- EXERCISE OBJECTIVE -
Return exactly the lines that run from the one with "pub(crate) enum Older" to the last line of the entries below, both included, and nothing else.
● ● ● ●
//! The records of a log, as clauses see them.
ghost use Rattle.std.specs.Prelude.{◌≡◌};

use crate::content::LogContent;
use crate::record::LogRecord;
use std::snapshot::Snapshot;

/// The records of the log's generation, and those that it was made with. It takes no memory.
#[derive(Drop)]
pub(crate) enum Kept {
    Nothing,
    Of(Snapshot<LogContent>),
    After(Snapshot<Kept>, Snapshot<LogRecord>),
}

/// The log that was on the blocks before: the one that this log was made with, or the generation
/// before it. It takes no memory.
#[derive(Drop)]
pub(crate) enum Older {
    Made(Snapshot<LogContent>),
    Ended(u64, Snapshot<Kept>),
}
● ● ● ●
- ANSWER FOR THIS EXERCISE -
pub(crate) enum Older {
    Made(Snapshot<LogContent>),
    Ended(u64, Snapshot<Kept>),
}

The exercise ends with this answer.